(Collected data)
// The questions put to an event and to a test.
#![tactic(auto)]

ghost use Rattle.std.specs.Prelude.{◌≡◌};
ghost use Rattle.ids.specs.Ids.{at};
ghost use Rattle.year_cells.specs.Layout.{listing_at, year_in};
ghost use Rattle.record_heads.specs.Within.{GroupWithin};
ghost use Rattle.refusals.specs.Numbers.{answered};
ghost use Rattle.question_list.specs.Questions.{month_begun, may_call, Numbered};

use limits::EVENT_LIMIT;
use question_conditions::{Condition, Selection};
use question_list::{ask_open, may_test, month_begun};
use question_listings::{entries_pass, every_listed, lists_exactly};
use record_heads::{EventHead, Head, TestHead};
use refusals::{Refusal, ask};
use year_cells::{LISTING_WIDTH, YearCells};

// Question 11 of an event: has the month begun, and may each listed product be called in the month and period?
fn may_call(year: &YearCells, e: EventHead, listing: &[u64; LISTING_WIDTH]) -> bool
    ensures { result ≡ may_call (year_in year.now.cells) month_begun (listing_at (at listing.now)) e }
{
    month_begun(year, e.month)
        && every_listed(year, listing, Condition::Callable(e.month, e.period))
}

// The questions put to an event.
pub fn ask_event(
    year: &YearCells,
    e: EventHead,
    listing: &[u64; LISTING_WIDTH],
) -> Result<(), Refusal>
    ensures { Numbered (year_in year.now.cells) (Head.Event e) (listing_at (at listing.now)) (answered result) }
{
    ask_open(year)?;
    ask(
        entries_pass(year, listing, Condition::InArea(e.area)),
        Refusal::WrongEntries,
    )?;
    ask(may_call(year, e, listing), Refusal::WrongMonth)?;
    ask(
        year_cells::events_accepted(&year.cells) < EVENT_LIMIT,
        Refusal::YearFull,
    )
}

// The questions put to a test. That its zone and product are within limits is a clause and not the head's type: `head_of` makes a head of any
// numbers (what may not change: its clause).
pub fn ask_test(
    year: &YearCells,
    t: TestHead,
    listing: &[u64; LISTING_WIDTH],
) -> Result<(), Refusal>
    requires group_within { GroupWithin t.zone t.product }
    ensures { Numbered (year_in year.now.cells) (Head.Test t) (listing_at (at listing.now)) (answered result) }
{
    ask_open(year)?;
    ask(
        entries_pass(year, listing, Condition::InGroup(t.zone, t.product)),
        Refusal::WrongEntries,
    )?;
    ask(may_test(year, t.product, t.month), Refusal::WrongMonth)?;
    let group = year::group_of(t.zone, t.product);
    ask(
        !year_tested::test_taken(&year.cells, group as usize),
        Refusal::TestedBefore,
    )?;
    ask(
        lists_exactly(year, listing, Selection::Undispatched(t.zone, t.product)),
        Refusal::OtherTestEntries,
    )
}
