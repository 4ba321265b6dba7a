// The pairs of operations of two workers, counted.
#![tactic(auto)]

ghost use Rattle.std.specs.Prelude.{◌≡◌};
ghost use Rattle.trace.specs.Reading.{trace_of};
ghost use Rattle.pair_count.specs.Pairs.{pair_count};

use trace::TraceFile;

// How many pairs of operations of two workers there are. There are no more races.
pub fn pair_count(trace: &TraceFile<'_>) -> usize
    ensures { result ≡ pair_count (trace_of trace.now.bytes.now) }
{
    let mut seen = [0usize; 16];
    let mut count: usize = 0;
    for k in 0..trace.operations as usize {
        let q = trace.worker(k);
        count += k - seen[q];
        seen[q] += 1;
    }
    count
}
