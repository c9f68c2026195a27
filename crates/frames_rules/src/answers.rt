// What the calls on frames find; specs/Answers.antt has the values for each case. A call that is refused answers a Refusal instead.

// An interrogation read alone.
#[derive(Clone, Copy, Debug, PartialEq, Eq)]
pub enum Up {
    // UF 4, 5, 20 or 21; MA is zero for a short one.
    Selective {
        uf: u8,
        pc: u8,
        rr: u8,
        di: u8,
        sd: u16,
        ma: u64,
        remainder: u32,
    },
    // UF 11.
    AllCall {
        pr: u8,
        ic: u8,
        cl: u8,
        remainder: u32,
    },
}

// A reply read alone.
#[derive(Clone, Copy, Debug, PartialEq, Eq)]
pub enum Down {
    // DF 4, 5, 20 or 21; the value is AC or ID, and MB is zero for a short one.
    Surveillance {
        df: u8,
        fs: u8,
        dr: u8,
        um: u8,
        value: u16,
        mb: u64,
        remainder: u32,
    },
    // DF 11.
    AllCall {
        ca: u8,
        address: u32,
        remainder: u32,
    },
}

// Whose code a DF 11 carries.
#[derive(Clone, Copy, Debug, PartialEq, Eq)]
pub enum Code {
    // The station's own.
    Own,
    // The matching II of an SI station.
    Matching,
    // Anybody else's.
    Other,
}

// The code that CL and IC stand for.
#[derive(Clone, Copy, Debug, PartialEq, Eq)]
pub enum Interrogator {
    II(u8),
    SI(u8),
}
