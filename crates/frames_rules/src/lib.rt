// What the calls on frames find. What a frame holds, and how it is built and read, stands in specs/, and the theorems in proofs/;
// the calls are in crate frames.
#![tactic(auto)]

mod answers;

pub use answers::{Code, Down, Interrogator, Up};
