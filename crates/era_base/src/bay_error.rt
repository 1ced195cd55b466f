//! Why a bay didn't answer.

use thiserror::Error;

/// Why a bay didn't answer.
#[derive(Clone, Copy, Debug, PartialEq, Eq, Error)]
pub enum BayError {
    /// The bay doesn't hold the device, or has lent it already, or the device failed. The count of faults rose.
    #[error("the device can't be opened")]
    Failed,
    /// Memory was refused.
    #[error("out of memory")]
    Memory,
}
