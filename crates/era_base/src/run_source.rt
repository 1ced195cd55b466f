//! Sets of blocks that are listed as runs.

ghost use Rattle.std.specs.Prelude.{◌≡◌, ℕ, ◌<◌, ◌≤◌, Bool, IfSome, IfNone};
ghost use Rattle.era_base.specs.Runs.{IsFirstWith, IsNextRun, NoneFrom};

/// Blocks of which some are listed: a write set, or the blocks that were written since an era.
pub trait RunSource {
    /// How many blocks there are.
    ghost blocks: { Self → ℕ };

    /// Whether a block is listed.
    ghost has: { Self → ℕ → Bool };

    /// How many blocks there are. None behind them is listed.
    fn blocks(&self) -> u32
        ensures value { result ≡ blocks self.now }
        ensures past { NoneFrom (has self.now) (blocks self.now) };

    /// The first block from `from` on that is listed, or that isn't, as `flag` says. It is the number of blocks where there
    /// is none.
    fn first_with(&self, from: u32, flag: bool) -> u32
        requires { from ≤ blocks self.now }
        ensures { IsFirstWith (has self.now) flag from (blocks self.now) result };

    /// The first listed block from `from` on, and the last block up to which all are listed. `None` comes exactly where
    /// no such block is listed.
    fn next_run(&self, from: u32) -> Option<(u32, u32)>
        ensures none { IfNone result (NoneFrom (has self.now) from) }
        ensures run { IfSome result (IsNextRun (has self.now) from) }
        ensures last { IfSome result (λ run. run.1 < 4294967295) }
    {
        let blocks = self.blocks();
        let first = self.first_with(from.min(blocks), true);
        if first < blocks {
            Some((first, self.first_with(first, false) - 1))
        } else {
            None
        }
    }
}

WHAT THIS TASK INVOLVES | Determine how many lines of the entries contain the string "requires", and reply with nothing but the number.

YOUR RESPONSE | 2